▶ **What you will do**: Check each line of the listing for the string "Writes", count the lines that have it, and answer with that number only.

━━━ Extracted records

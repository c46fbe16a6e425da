//! Writes the replies that only the control door has.
//! Pure.
ghost use Rattle.std.specs.Prelude.{Some, None};
ghost use Rattle.edge_io.specs.Phrases.{SaysTo};
ghost use Rattle.control_door.specs.Door.{bad_word, refusal_words, shown, reindexed_words};

use answer_lines::{say_memory, say_number, say_unopened};
use edge_io::{Sink, SinkFault, say, say_line};
use keep_course::Refusal;

/// Writes that a line is not an order.
pub(crate) fn say_bad<O: Sink>(out: &mut O) -> Result<(), SinkFault>
    ensures said { SaysTo O.Sink bad_word out.old out.new result }
    ensures sink { O.alike out.old out.new }
{
    say_line(b"13 bad line", out)
}

/// Writes why a connection is refused.
///
/// `SinkFault` if a write failed. A prefix of the line was taken, and the sink's count of faults rose.
pub fn say_refusal<O: Sink>(refusal: Refusal, out: &mut O) -> Result<(), SinkFault>
    ensures said { SaysTo O.Sink (refusal_words refusal) out.old out.new result }
    ensures sink { O.alike out.old out.new }
{
    match refusal {
        Refusal::Busy => say_line(b"14 busy", out),
        Refusal::NoMemory => say_memory(out),
        Refusal::Unopened(why) => say_unopened(why, out),
    }
}

/// Writes that a number has no text.
pub(crate) fn say_not_live<O: Sink>(number: u32, out: &mut O) -> Result<(), SinkFault>
    ensures said { SaysTo O.Sink (shown number None) out.old out.new result }
    ensures sink { O.alike out.old out.new }
{
    say_number(b"7 not live ", u64::from(number), out)
}

/// Writes a line with the length of a text, and then the text.
pub(crate) fn say_text<O: Sink>(text: &[u8], out: &mut O) -> Result<(), SinkFault>
    ensures said { SaysTo O.Sink (shown 0 (Some text.now)) out.old out.new result }
    ensures sink { O.alike out.old out.new }
{
    say_number(b"text ", text.len() as u64, out)?;
    say(text, out)
}

/// Writes how many messages are live after a reindexing.
pub(crate) fn say_reindexed<O: Sink>(live: u32, out: &mut O) -> Result<(), SinkFault>
    ensures said { SaysTo O.Sink (reindexed_words live) out.old out.new result }
    ensures sink { O.alike out.old out.new }
{
    say_number(b"reindexed ", u64::from(live), out)
}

━━━━━━

▶ **Answer space**: 6